Phillip Lopate: The idea of the anthology was mine from the beginning. It grew out of my two previous anthologies, The Art of the Personal Essay and Writing New York, and especially the first, because I wanted to put forward film criticism as a belletristic form. I also wanted/needed an anthology like this to teach the course, and since none was available, I realized I had to do it myself, or go broke photocopying pieces for my students.

Marcus: Otis Ferguson, James Agee, Manny Farber, Pauline Kael, and Andrew Sarris occupy the upper tier of your own film-reviewing pantheon. Off the top of your head, who would be the next five, and why?

Lopate: The next five would probably be Parker Tyler, Robert Warshow, Stanley Kauffmann, Vincent Canby and Molly Haskell. Tyler is really a major, interesting critic, who could put forward ideas about gender and myth, and at the same time do very creditable, intriguing reviewing. Warshow wrote beautifully and soberly, and certainly would have been in the first rank if he lived a little longer. Kauffmann is just a marvel in terms of longevity, probity and consistency--the kind of critic I rejected when I was younger, but now am very impressed with. Canby is, as I said in my book, the best daily reviewer this country has ever had. Molly Haskell has opened up a whole area of film studies, and is very knowledgeable about film history, and writes with flexibility and amusement--in short, a delight.

Marcus: Are there any writers, or even specific pieces, that you particularly regret leaving out of the book?

Lopate: I have tons of regrets, but I should preface them by saying that I pushed hard to get the number of pages I did, and Library of America was very tolerant of my pressure, but they also have to think about things like paper costs and unit price, so that it isn't prohibitively expensive. That said, if I had had, say, a few hundred more pages to play around with, I would have liked to include: Dave Kehr, David Ansen, David Sterritt, Abraham Polonsky (he wrote a few film essays), Meyer Schapiro (nothing on the level of his art criticism, but still), Joe Morgenstern, Bosley Crowther (for perversity's sake!), Peter Bogdanovich, David Bordwell, Elizabeth Kendall, B. Ruby Rich, P. Adams Sitney, Robert Hatch, Iris Barry, David Edelstein, Louise Bogan, Arthur Knight, Archer Winsten, Herman Weinberg, James Stoller and probably a dozen more whose names escape me. At one point or another, the ones I named were all in the mix. But we ran out of room.

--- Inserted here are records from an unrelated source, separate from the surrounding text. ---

//! What a slot is to hold.
ghost use Rattle.std.specs.Prelude.{◌≡◌, ◌≤◌, IsTrue};
ghost use Rattle.gv_types.specs.Page.{PAGES};
ghost use Rattle.gv_types.specs.PageRange.{meets, end_of};
ghost use Rattle.gv_ranges.specs.List.{IsLaidOut, IsIndexOfPage};
ghost use Rattle.gv_table.specs.Levels.{top_level, slot_pages, first_within};
ghost use Rattle.gv_table.specs.Wanted.{wanted};

use crate::deciding_mapping::met_by;
use crate::levels::{GREATEST_LEAF_LEVEL, pages_of};
use crate::slot_position::{Excerpt, SlotPosition};
use gv_types::Entry;

/// What a slot is to hold.
pub enum Wanted {
    Nothing,
    Entry(Entry),
    Table,
}

/// What the list wants of a slot that meets the range. The position is that of the first mapping which ends past the slot's
/// first page in the range.
#[inline(always)]
pub fn slot_wanted(excerpt: &Excerpt<'_, '_>, slot_at: SlotPosition) -> Wanted
    requires known { slot_at.level ≤ top_level }
    requires in_space { end_of (slot_pages slot_at.level slot_at.first) ≤ PAGES }
    requires laid_out { IsLaidOut excerpt.now.mappings.now }
    requires position { IsIndexOfPage excerpt.now.mappings.now (first_within excerpt.now.range slot_at.first)
        excerpt.now.position }
    requires met { IsTrue (meets (slot_pages slot_at.level slot_at.first) excerpt.now.range) }
    ensures { result ≡ wanted excerpt.now.mappings.now slot_at.level slot_at.first }
{
    let Some(m) = met_by(excerpt, slot_at) else {
        return Wanted::Nothing;
    };
    let SlotPosition { level, first } = slot_at;
    let end = first + pages_of(level);
    if level <= GREATEST_LEAF_LEVEL && m.range.first() <= first && end <= m.range.end() {
        Wanted::Entry(m.part(first))
    } else {
        Wanted::Table
    }
}
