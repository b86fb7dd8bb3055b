//! How many tables stand at each level.
ghost use Rattle.std.specs.Prelude.{◌≡◌, ◌+◌, ◌<◌, ◌≤◌, ℕ, [], ◌∷◌, nat_eq};
ghost use Rattle.gv_types.specs.Page.{PAGES};
ghost use Rattle.gv_table.specs.Levels.{root_level};
ghost use Rattle.gv_table.specs.Counts.{one_if, count_at};

use crate::levels::TOP_LEVEL;

/// How many tables stand at each level, from level 0 on, kept as tables come and go.
#[derive(Drop)]
pub struct TableCounts {
    by_level: [u64; TOP_LEVEL],
}

impl TableCounts {
    /// No table at any level.
    pub fn new() -> TableCounts
        ensures { (target : ℕ) → count_at result target ≡ 0 }
    {
        TableCounts {
            by_level: [0; TOP_LEVEL],
        }
    }

    /// One table more at the level.
    pub fn raise(&mut self, level: usize)
        requires known { level ≤ root_level }
        requires room { count_at self.old level < PAGES }
        ensures { (target : ℕ) → count_at self.new target
            ≡ count_at self.old target + one_if (nat_eq target level) }
    {
        self.by_level[level] += 1;
    }

    /// One table fewer at the level.
    pub fn lower(&mut self, level: usize)
        requires known { level ≤ root_level }
        requires some { 0 < count_at self.old level }
        ensures { (target : ℕ) → count_at self.new target + one_if (nat_eq target level)
            ≡ count_at self.old target }
    {
        self.by_level[level] -= 1;
    }

    /// The counts at the levels 4, 3, 2, 1 and 0.
    pub fn descending(&self) -> [u64; TOP_LEVEL]
        ensures { result ≡ count_at self.now 4 ∷ count_at self.now 3 ∷ count_at self.now 2
            ∷ count_at self.now 1 ∷ count_at self.now 0 ∷ [] }
    {
        let [zero, one, two, three, four] = self.by_level;
        [four, three, two, one, zero]
    }
}
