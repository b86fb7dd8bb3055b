//! Paints the tree: in the range it becomes that of the list.
ghost use Rattle.std.specs.Prelude.{◌≡◌, ◌+◌, ◌*◌, ◌<◌, ◌≤◌, ℕ, IsTrue};
ghost use Rattle.std.specs.Prelude.{slice_index_or};
ghost use Rattle.gv_types.specs.Page.{PAGES};
ghost use Rattle.gv_types.specs.PageRange.{span, meets, end_of};
ghost use Rattle.gv_ranges.specs.List.{IsLaidOut, IsIndexOfPage, AreEnded};
ghost use Rattle.gv_table.specs.declared.slot.Slot.TheVariants.{Empty};
ghost use Rattle.gv_table.specs.Kinds.{Kind, of};
ghost use Rattle.gv_table.specs.BufferNames.{AreEncodable};
ghost use Rattle.gv_table.specs.Levels.{top_level, root_level, slots_per_table, pages_of};
ghost use Rattle.gv_table.specs.Levels.{slot_pages, first_within};
ghost use Rattle.gv_table.specs.Tree.{IsTreeOf, IsEncodableOutside};
ghost use Rattle.gv_table.specs.Shape.{IsShaped};
ghost use Rattle.gv_table.specs.Counts.{gained, lost, row_gained, row_lost};
ghost use Rattle.gv_table.specs.Counts.{tables_at, row_tables_at, count_at};
ghost use Rattle.gv_table.specs.Counts.{CountsSlot, CountsRow};

use crate::alike::{Alike, alike_from};
use crate::deciding_mapping::advance;
use crate::divide::make_table;
use crate::leaves::{make_leaf, paint_alike};
use crate::levels::{SLOTS, TOP_LEVEL, pages_of, part_around, slots_met};
use crate::pages::paint_pages_of_list;
use crate::release::clear_unwanted;
use crate::slot::Slot;
use crate::slot_position::{Excerpt, SlotPosition};
use crate::spares::Spares;
use crate::table_counts::TableCounts;
use crate::wanted::{Wanted, slot_wanted};

/// Makes the tree that of the list, given that it fits outside the range. Tables that it gains are spare ones; those that it loses are
/// put to those pruned from it. The mappings before the position end before the range.
pub fn paint_tree(
    root: &mut Slot,
    excerpt: &Excerpt<'_, '_>,
    spares: &mut Spares,
    pruned: &mut Spares,
    counts: &mut TableCounts,
)
    requires laid_out { IsLaidOut excerpt.now.mappings.now }
    requires encoded { AreEncodable excerpt.now.mappings.now }
    requires ended { AreEnded excerpt.now.mappings.now excerpt.now.range.first excerpt.now.position }
    requires outside { IsEncodableOutside excerpt.now.mappings.now excerpt.now.range top_level 0 root.old }
    requires enough { (kind : Kind) → gained kind excerpt.now.mappings.now top_level 0 root.old ≤ of kind spares.old }
    requires counted { (target : ℕ) → count_at counts.old target ≡ tables_at target top_level root.old }
    requires shaped { IsShaped top_level root.old }
    ensures tree { IsTreeOf excerpt.now.mappings.now top_level 0 root.new }
    ensures taken { (kind : Kind) → of kind spares.new + gained kind excerpt.now.mappings.now top_level 0 root.old
        ≡ of kind spares.old }
    ensures put { (kind : Kind) → of kind pruned.new
        ≡ of kind pruned.old + lost kind excerpt.now.mappings.now top_level 0 root.old }
    ensures counted { (target : ℕ) → count_at counts.new target ≡ tables_at target top_level root.new }
    ensures shaped { IsShaped top_level root.new }
{
    let Excerpt {
        mappings,
        range,
        position,
    } = *excerpt;
    let slot_at = SlotPosition {
        level: TOP_LEVEL,
        first: 0,
    };
    let excerpt = Excerpt {
        mappings,
        range,
        position: advance(mappings, position, range.first()),
    };
    paint_slot(root, slot_at, &excerpt, spares, pruned, counts);
}

/// Makes a slot that meets the range that of the list's tree, given that it fits outside the range. Tables that it gains are spare
/// ones; those that it loses are put to those pruned from the tree.
#[cycle(paint)]
#[inline(always)]
pub fn paint_slot(
    slot: &mut Slot,
    slot_at: SlotPosition,
    excerpt: &Excerpt<'_, '_>,
    spares: &mut Spares,
    pruned: &mut Spares,
    counts: &mut TableCounts,
)
    requires some { 0 < slot_at.level }
    requires known { slot_at.level ≤ top_level }
    requires in_space { end_of (slot_pages slot_at.level slot_at.first) ≤ PAGES }
    requires laid_out { IsLaidOut excerpt.now.mappings.now }
    requires encoded { AreEncodable excerpt.now.mappings.now }
    requires position { IsIndexOfPage excerpt.now.mappings.now (first_within excerpt.now.range slot_at.first)
        excerpt.now.position }
    requires met { IsTrue (meets (slot_pages slot_at.level slot_at.first) excerpt.now.range) }
    requires outside { IsEncodableOutside excerpt.now.mappings.now excerpt.now.range slot_at.level slot_at.first slot.old }
    requires enough { (kind : Kind) → gained kind excerpt.now.mappings.now slot_at.level slot_at.first slot.old
        ≤ of kind spares.old }
    requires part { CountsSlot counts.old slot_at.level slot.old }
    requires shaped { IsShaped slot_at.level slot.old }
    ensures tree { IsTreeOf excerpt.now.mappings.now slot_at.level slot_at.first slot.new }
    ensures shaped { IsShaped slot_at.level slot.new }
    ensures taken { (kind : Kind) → of kind spares.new
        + gained kind excerpt.now.mappings.now slot_at.level slot_at.first slot.old ≡ of kind spares.old }
    ensures put { (kind : Kind) → of kind pruned.new
        ≡ of kind pruned.old + lost kind excerpt.now.mappings.now slot_at.level slot_at.first slot.old }
    ensures counted { (target : ℕ) → count_at counts.new target + tables_at target slot_at.level slot.old
        ≡ count_at counts.old target + tables_at target slot_at.level slot.new }
{
    let SlotPosition { level, first } = slot_at;
    match slot_wanted(excerpt, slot_at) {
        Wanted::Nothing => clear_unwanted(slot, slot_at, excerpt.range, pruned, counts),
        Wanted::Entry(entry) => make_leaf(slot, level, entry, pruned, counts),
        Wanted::Table => {
            make_table(slot, level, spares, counts);
            let slot_at = SlotPosition {
                level: level - 1,
                first,
            };
            match slot {
                Slot::Pages(table) => paint_pages_of_list(&mut table.0, first, excerpt),
                Slot::Table(slots) => paint_row(slots, slot_at, excerpt, spares, pruned, counts),
                Slot::Empty | Slot::Zero { .. } | Slot::Buffer { .. } => unreachable!(),
            }
        }
    }
}

/// The same for the slots of a table. Where the whole range lies in one of them, as mostly, that one is all that is looked at.
#[cycle(paint)]
fn paint_row(
    slots: &mut [Slot; SLOTS],
    slot_at: SlotPosition,
    excerpt: &Excerpt<'_, '_>,
    spares: &mut Spares,
    pruned: &mut Spares,
    counts: &mut TableCounts,
)
    requires some { 0 < slot_at.level }
    requires known { slot_at.level ≤ root_level }
    requires in_space { slot_at.first + slots_per_table * pages_of slot_at.level ≤ PAGES }
    requires laid_out { IsLaidOut excerpt.now.mappings.now }
    requires encoded { AreEncodable excerpt.now.mappings.now }
    requires position { IsIndexOfPage excerpt.now.mappings.now (first_within excerpt.now.range slot_at.first)
        excerpt.now.position }
    requires met { IsTrue (meets (span slot_at.first (slots_per_table * pages_of slot_at.level)) excerpt.now.range) }
    requires outside { (k : ℕ) → k < slots_per_table
        → IsEncodableOutside excerpt.now.mappings.now excerpt.now.range slot_at.level
        (slot_at.first + k * pages_of slot_at.level) (slice_index_or slots.old k Empty) }
    requires enough { (kind : Kind) → row_gained kind excerpt.now.mappings.now slot_at.level slot_at.first slots.old
        ≤ of kind spares.old }
    requires part { CountsRow counts.old slot_at.level slots.old }
    requires shaped { (k : ℕ) → k < slots_per_table → IsShaped slot_at.level (slice_index_or slots.old k Empty) }
    ensures tree { (k : ℕ) → k < slots_per_table → IsTreeOf excerpt.now.mappings.now slot_at.level
        (slot_at.first + k * pages_of slot_at.level) (slice_index_or slots.new k Empty) }
    ensures shaped { (k : ℕ) → k < slots_per_table → IsShaped slot_at.level (slice_index_or slots.new k Empty) }
    ensures taken { (kind : Kind) → of kind spares.new
        + row_gained kind excerpt.now.mappings.now slot_at.level slot_at.first slots.old ≡ of kind spares.old }
    ensures put { (kind : Kind) → of kind pruned.new
        ≡ of kind pruned.old + row_lost kind excerpt.now.mappings.now slot_at.level slot_at.first slots.old }
    ensures counted { (target : ℕ) → count_at counts.new target + row_tables_at target slot_at.level slots.old
        ≡ count_at counts.old target + row_tables_at target slot_at.level slots.new }
{
    let SlotPosition { level, first } = slot_at;
    if let Some(index) = part_around(level + 1, first, excerpt.range) {
        let slot_at = SlotPosition {
            level,
            first: first + index as u64 * pages_of(level),
        };
        paint_slot(&mut slots[index], slot_at, excerpt, spares, pruned, counts);
        return;
    }
    let mappings = excerpt.mappings.with_block_at(excerpt.position);
    let excerpt = Excerpt {
        mappings: &mappings,
        range: excerpt.range,
        position: excerpt.position,
    };
    paint_slots(slots, slot_at, &excerpt, spares, pruned, counts);
}

/// The same, whichever slots meet the range: those are visited.
#[cycle(paint)]
fn paint_slots(
    slots: &mut [Slot; SLOTS],
    slot_at: SlotPosition,
    excerpt: &Excerpt<'_, '_>,
    spares: &mut Spares,
    pruned: &mut Spares,
    counts: &mut TableCounts,
)
    requires some { 0 < slot_at.level }
    requires known { slot_at.level ≤ root_level }
    requires in_space { slot_at.first + slots_per_table * pages_of slot_at.level ≤ PAGES }
    requires laid_out { IsLaidOut excerpt.now.mappings.now }
    requires encoded { AreEncodable excerpt.now.mappings.now }
    requires position { AreEnded excerpt.now.mappings.now (first_within excerpt.now.range slot_at.first)
        excerpt.now.position }
    requires met { IsTrue (meets (span slot_at.first (slots_per_table * pages_of slot_at.level)) excerpt.now.range) }
    requires outside { (k : ℕ) → k < slots_per_table
        → IsEncodableOutside excerpt.now.mappings.now excerpt.now.range slot_at.level
        (slot_at.first + k * pages_of slot_at.level) (slice_index_or slots.old k Empty) }
    requires enough { (kind : Kind) → row_gained kind excerpt.now.mappings.now slot_at.level slot_at.first slots.old
        ≤ of kind spares.old }
    requires part { CountsRow counts.old slot_at.level slots.old }
    requires shaped { (k : ℕ) → k < slots_per_table → IsShaped slot_at.level (slice_index_or slots.old k Empty) }
    ensures tree { (k : ℕ) → k < slots_per_table → IsTreeOf excerpt.now.mappings.now slot_at.level
        (slot_at.first + k * pages_of slot_at.level) (slice_index_or slots.new k Empty) }
    ensures shaped { (k : ℕ) → k < slots_per_table → IsShaped slot_at.level (slice_index_or slots.new k Empty) }
    ensures taken { (kind : Kind) → of kind spares.new
        + row_gained kind excerpt.now.mappings.now slot_at.level slot_at.first slots.old ≡ of kind spares.old }
    ensures put { (kind : Kind) → of kind pruned.new
        ≡ of kind pruned.old + row_lost kind excerpt.now.mappings.now slot_at.level slot_at.first slots.old }
    ensures counted { (target : ℕ) → count_at counts.new target + row_tables_at target slot_at.level slots.old
        ≡ count_at counts.old target + row_tables_at target slot_at.level slots.new }
{
    let SlotPosition { level, first } = slot_at;
    let Excerpt {
        mappings,
        range,
        mut position,
    } = *excerpt;
    let pages = pages_of(level);
    let (low, high) = slots_met(level, first, range);
    let mut index = low;
    while index < high {
        let start = first + index as u64 * pages;
        position = advance(mappings, position, start.max(range.first()));
        let part = SlotPosition {
            level,
            first: start,
        };
        let excerpt = Excerpt {
            mappings,
            range,
            position,
        };
        let Alike { count, held } = alike_from(&excerpt, part);
        let alike = count.min((high - index) as u64) as usize;
        if alike == 0 {
            paint_slot(&mut slots[index], part, &excerpt, spares, pruned, counts);
            index += 1;
        } else {
            let run = index..index + alike;
            paint_alike(slots, slot_at, run, held.as_ref(), &excerpt, pruned, counts);
            index += alike;
        }
    }
}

Marcus: Were you tempted to include a great many more "kibitzers"--that is, occasional film critics such as Edmund Wilson, Susan Sontag, and John Ashbery?

Lopate: There is no end to other kibitzers one could have included: for instance, Jack Kerouac, Donald Barthelme, Norman Mailer, Mary McCarthy... But I chose the half-dozen or so examples I thought worked best; I did not want the kibitzers to swamp the professional critics.

Marcus: In your introduction, you mentioned one criterion for inclusion that you were "almost embarrassed to admit"--ie, whether you ultimately agreed with a critic's assessment of a film. Can we assume, then, that you share Otis Ferguson's distaste for Citizen Kane, or James Agee's delight at Story of G.I. Joe (and, just to make things complicated, Manny Farber's consignment of that very same production to "the almond paste-flavored eminence of the Museum of Modern Art's film library")?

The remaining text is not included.